The curve C has equation $x = 8y \tan 2y$ - Edexcel - A-Level Maths Pure - Question 4 - 2014 - Paper 5

To find the equation of the tangent at point P, we first need to find (\frac{dx}{dy}) at (y = \frac{\pi}{8}).

Differentiating the curve's equation:

$\frac{dx}{dy} = 8 \tan(2y) + 16y \sec^2(2y)$

Next, we evaluate this at (y = \frac{\pi}{8}):

$\frac{dx}{dy} \bigg|_{y = \frac{\pi}{8}} = 8\tan\left(\frac{\pi}{4}\right) + 16\left(\frac{\pi}{8}\right)\sec^2\left(\frac{\pi}{4}\right)$

Simplifying gives:

$\frac{dx}{dy} \bigg|_{y = \frac{\pi}{8}} = 8 + 16\left(\frac{\pi}{8}\right)\cdot 2 = 8 + 4\pi$

The slope of the tangent line is thus (m = 8 + 4\pi).

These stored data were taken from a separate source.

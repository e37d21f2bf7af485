//! Hard links to files of a base folder, as a snapshot by `cp -al` has.
ghost use Rattle.std.specs.Prelude.{◌≢◌, ◌<◌, IfSome};

use base_folder::log_end;
use base_log::Names;
use cmd_input::{folder_fault, locked_folder, output_fault, text_path};
use cmd_status::Fault;
use disk_system::{
    Access, OutputFault, RealDisk, Unknown, flush_folder, give_access, make_new, replaced_access,
};
use std::fs::{DirEntry, File, Metadata};
use std::io::ErrorKind;
use std::os::unix::fs::MetadataExt;
use std::{fs, io};

/// How many numbers the files of a base folder have.
const NUMBERS: u8 = 10;

/// Replaces each file of a base folder that has a second path by a copy. So no command changes a snapshot of hard
/// links. The files have `path` before their names. In a folder that is no base nothing is changed.
pub fn break_hard_links<'a>(
    rt: &HostRuntime,
    base: &'a str,
    path: &str,
    strange: bool,
) -> Result<(), Fault<'a>> {
    if !has_hard_links(rt, base)? {
        return Ok(());
    }
    let _locked = locked_folder(rt, base)?;
    match spare_in(rt, path, strange) {
        Some(spare) => copy_linked(rt, base, path, spare).map_err(|fault| output_fault(
            fault, base,
        )),
        // Opening the folder reports it.
        None => Ok(()),
    }
}

fn has_hard_links<'a>(rt: &HostRuntime, base: &'a str) -> Result<bool, Fault<'a>> {
    let entries = fs::read_dir(rt, base).map_err(|error| folder_fault(&error, base))?;
    for entry in entries {
        if is_linked_entry(entry) {
            return Ok(true);
        }
    }
    Ok(false)
}

// A name that is no text does not belong to a base folder.
fn is_linked_entry(entry: io::Result<DirEntry>) -> bool {
    match entry {
        Ok(entry) => match entry.metadata() {
            Ok(found) => has_second_path(&found),
            Err(_) => false,
        },
        Err(_) => false,
    }
}

fn has_second_path(found: &Metadata) -> bool {
    found.is_file() && found.nlink() > 1
}

fn spare_in(rt: &HostRuntime, path: &str, strange: bool) -> Option<u8>
    ensures { IfSome result (λ spare. spare < 10) }
{
    let mut disk = RealDisk::new(rt, Unknown);
    match log_end(rt.alloc(), &mut disk, path.as_bytes(), strange) {
        Ok(end) => Some(spare_number(end.recorded.number)),
        Err(_) => None,
    }
}

fn spare_number(used: u8) -> u8
    ensures digit { result < 10 }
    ensures other { result ≢ used }
{
    if used == 0 { 1 } else { 0 }
}

// Each copy is made at the path of the messages of a number that does not count, so a stopped run leaves a base folder.
fn copy_linked(rt: &HostRuntime, base: &str, path: &str, spare: u8) -> Result<(), OutputFault>
    requires { spare < 10 }
{
    let names = Names::new(rt.alloc(), path.as_bytes(), spare)?;
    copy_over(rt, path, text_path(&names.log), text_path(&names.messages))?;
    flush_folder(rt, base)
}

// Copies all, by way of a staging file. If that fails, none is left.
fn copy_over(rt: &HostRuntime, path: &str, log: &str, staging: &str) -> Result<(), OutputFault> {
    remove_left(rt, staging)?;
    let copied = copy_each(rt, path, log, staging);
    if copied.is_err() {
        let _ = fs::remove_file(rt, staging);
    }
    copied
}

fn remove_left(rt: &HostRuntime, staging: &str) -> io::Result<()> {
    match fs::remove_file(rt, staging) {
        Err(error) if error.kind() != ErrorKind::NotFound => Err(error),
        _ => Ok(()),
    }
}

fn copy_each(rt: &HostRuntime, path: &str, log: &str, staging: &str) -> Result<(), OutputFault> {
    copy_if_linked(rt, log, staging)?;
    'numbers: for number in 0..NUMBERS {
        copy_number(rt, path, number, staging)?;
    }
    Ok(())
}

fn copy_number(rt: &HostRuntime, path: &str, number: u8, staging: &str) -> Result<(), OutputFault>
    requires { number < 10 }
{
    let names = Names::new(rt.alloc(), path.as_bytes(), number)?;
    copy_if_linked(rt, text_path(&names.messages), staging)?;
    copy_if_linked(rt, text_path(&names.keys), staging)
}

fn copy_if_linked(rt: &HostRuntime, path: &str, staging: &str) -> Result<(), OutputFault> {
    if !is_linked(rt, path)? {
        return Ok(());
    }
    copy_to(rt, path, staging)?;
    fs::rename(rt, staging, path)?;
    Ok(())
}

fn copy_to(rt: &HostRuntime, path: &str, staging: &str) -> Result<(), OutputFault> {
    let access = replaced_access(rt, path)?;
    make_new(rt, staging)?;
    fs::copy(rt, path, staging)?;
    let copy = fs::open(rt, staging)?;
    sync_with(&copy, access)?;
    Ok(())
}

fn sync_with(file: &File, access: Option<Access>) -> io::Result<()> {
    if let Some(access) = access {
        give_access(file, access)?;
    }
    file.sync_all()
}

fn is_linked(rt: &HostRuntime, path: &str) -> io::Result<bool> {
    match fs::symlink_metadata(rt, path) {
        Ok(found) => Ok(has_second_path(&found)),
        Err(error) if error.kind() == ErrorKind::NotFound => Ok(false),
        Err(error) => Err(error),
    }
}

Using the point-slope form of the line:

$y - \frac{\pi}{8} = (8 + 4\pi)(x - \frac{\pi}{8})$

Rearranging into the form (ay = x + b):

1. Isolate y:
   $y = (8 + 4\pi)x - (8 + 4\pi)\frac{\pi}{8} + \frac{\pi}{8}$
2. Simplifying gives:
   $a = \frac{1}{8 + 4\pi}$
   and
   $b = \frac{\pi - \frac{(8 + 4\pi)\pi}{8}}{(8 + 4\pi)}$

Thus, the equation of the tangent line at P in the desired form is given, with a and b determinable in terms of (\pi).